> LISTED RECORDS
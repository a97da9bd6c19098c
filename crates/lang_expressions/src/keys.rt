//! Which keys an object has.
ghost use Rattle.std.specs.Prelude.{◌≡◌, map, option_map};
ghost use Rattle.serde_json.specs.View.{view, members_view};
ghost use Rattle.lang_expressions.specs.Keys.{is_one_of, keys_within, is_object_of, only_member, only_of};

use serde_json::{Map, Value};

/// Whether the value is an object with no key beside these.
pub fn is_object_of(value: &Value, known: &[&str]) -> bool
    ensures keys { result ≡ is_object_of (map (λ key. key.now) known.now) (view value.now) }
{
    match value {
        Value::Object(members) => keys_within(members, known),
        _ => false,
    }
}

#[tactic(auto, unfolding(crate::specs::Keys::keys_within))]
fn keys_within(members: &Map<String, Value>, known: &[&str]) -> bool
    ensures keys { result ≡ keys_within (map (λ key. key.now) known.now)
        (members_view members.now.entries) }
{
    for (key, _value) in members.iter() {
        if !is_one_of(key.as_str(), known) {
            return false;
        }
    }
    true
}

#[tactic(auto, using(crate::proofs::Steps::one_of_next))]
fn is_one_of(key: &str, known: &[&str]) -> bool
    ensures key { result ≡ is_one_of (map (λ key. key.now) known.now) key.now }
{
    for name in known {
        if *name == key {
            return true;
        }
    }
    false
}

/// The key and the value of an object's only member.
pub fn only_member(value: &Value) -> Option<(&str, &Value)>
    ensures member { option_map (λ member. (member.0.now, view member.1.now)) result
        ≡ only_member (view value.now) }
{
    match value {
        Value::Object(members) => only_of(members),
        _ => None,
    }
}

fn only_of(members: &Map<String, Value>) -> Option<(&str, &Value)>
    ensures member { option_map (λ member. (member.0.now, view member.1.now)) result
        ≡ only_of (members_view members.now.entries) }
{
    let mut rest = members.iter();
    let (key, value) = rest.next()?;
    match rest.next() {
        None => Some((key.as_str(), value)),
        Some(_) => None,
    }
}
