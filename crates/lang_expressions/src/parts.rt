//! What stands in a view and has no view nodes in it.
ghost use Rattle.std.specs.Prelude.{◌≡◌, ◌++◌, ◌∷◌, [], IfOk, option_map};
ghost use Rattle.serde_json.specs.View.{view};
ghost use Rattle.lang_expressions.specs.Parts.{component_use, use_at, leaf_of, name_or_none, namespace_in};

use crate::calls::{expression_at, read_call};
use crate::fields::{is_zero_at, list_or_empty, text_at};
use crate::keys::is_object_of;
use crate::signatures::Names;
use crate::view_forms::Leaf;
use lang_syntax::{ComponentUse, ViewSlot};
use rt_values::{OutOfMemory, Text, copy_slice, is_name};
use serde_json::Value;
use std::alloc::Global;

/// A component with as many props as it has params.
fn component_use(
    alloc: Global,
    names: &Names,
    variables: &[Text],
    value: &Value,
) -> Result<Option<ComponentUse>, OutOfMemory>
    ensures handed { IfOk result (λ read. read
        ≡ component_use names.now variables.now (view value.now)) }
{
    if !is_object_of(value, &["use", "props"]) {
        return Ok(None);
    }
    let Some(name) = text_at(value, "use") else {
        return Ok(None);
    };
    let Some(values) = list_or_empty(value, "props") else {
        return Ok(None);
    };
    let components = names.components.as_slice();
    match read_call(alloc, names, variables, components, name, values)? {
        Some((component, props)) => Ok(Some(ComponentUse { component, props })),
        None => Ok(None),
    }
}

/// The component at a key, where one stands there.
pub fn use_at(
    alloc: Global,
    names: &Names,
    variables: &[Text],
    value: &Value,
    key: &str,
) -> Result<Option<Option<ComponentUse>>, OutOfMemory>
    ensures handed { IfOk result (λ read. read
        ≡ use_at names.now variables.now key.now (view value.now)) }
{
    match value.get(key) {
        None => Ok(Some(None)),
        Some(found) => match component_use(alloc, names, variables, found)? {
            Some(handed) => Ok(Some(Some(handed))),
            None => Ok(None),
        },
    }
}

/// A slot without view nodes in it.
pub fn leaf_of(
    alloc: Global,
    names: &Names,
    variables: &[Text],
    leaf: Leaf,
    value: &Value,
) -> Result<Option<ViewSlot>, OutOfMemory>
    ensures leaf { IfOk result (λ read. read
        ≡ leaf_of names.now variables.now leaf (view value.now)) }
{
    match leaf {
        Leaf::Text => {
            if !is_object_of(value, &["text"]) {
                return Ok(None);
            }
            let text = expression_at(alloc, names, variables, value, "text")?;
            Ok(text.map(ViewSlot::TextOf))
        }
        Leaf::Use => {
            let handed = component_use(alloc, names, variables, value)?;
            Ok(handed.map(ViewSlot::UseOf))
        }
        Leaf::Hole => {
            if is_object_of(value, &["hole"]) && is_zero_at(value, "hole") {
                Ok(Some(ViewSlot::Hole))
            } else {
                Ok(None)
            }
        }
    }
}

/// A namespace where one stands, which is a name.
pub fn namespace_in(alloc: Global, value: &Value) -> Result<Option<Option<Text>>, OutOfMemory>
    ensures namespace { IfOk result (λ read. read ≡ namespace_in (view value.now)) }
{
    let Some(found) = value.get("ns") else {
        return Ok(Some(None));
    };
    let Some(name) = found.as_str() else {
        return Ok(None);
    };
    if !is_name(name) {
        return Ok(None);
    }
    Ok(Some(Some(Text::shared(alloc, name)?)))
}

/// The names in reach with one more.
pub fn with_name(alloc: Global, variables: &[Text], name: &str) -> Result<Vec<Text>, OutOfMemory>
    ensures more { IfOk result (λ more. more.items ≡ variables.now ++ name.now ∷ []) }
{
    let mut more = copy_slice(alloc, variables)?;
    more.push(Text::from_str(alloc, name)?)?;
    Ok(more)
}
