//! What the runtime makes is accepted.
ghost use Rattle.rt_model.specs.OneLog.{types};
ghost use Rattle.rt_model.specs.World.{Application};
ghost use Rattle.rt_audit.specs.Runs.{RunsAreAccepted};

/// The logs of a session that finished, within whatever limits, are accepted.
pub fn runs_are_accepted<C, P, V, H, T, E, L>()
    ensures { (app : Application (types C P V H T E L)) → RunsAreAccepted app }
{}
* * *
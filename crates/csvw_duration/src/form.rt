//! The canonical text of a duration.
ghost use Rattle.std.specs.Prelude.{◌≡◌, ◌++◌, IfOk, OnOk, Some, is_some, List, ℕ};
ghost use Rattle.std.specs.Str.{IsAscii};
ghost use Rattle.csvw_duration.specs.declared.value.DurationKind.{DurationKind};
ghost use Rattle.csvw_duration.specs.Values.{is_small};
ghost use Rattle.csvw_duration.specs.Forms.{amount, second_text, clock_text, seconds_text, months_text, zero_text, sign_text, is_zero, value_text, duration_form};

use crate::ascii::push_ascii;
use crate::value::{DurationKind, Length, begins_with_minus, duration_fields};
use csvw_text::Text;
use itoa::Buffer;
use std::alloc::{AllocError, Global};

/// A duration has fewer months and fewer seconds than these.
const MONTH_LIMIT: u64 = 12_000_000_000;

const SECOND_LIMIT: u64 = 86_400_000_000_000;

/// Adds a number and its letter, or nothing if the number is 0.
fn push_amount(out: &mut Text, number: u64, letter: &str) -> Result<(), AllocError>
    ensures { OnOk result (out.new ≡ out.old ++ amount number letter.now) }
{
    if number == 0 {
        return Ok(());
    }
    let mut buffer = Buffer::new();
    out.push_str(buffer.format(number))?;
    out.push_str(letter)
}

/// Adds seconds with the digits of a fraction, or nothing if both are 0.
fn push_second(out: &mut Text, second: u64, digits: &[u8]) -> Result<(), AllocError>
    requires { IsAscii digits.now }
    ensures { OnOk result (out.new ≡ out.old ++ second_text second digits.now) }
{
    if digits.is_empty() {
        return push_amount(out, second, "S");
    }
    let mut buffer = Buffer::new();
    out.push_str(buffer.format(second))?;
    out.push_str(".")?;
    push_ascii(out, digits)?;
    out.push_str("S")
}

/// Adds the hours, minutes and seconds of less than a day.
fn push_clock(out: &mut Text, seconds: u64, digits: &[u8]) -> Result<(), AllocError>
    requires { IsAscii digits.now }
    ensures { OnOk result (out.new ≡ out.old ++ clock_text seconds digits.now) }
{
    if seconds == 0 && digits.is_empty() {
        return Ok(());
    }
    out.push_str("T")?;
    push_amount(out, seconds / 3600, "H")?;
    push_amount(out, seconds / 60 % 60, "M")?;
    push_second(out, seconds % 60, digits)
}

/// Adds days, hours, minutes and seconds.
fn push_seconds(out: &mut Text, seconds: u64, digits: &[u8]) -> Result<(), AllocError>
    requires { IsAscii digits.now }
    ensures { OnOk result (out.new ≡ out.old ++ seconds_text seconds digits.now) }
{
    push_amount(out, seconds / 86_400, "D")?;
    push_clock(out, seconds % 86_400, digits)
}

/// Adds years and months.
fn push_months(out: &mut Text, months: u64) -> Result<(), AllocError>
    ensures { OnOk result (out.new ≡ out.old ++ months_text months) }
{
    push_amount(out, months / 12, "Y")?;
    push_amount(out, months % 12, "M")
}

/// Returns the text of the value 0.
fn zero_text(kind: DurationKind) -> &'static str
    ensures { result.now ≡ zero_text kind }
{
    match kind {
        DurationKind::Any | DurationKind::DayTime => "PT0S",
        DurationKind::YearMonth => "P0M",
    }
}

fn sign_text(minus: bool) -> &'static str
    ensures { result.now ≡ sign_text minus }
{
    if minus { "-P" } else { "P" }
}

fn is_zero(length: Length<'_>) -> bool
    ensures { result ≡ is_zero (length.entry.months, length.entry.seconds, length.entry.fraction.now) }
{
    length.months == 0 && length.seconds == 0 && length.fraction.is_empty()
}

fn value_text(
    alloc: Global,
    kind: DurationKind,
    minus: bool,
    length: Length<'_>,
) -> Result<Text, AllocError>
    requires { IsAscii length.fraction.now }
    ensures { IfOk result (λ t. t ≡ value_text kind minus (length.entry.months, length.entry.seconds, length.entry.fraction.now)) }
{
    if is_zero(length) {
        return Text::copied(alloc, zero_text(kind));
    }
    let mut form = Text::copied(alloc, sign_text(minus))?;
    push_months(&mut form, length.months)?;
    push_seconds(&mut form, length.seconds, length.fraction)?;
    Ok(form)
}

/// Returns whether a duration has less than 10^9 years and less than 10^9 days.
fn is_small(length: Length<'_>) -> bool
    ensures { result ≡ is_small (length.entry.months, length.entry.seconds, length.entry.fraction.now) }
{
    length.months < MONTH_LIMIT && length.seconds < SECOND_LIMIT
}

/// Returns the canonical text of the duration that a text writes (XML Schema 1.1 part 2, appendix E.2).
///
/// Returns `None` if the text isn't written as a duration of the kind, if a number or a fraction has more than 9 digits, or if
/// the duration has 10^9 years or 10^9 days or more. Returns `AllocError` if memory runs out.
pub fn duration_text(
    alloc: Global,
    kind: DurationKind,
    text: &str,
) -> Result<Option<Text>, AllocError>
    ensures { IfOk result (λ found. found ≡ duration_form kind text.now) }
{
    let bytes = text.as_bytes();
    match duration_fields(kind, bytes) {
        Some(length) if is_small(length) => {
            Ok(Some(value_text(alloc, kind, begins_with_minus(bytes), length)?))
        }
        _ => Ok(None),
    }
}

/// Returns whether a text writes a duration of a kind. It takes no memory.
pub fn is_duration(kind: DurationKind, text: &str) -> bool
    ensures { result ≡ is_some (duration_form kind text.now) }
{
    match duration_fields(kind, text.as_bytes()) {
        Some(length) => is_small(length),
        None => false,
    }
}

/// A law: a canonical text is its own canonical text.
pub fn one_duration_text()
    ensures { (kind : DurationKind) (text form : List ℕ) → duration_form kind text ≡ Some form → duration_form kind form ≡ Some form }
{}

> WHAT THE TASK REQUIRES
Search the entries for the string "found". Copy every line that has it.

> THE COMPLETED TASK
        Some(found) => match component_use(alloc, names, variables, found)? {
    let Some(found) = value.get("ns") else {
    let Some(name) = found.as_str() else {
    ensures { IfOk result (λ found. found ≡ duration_form kind text.now) }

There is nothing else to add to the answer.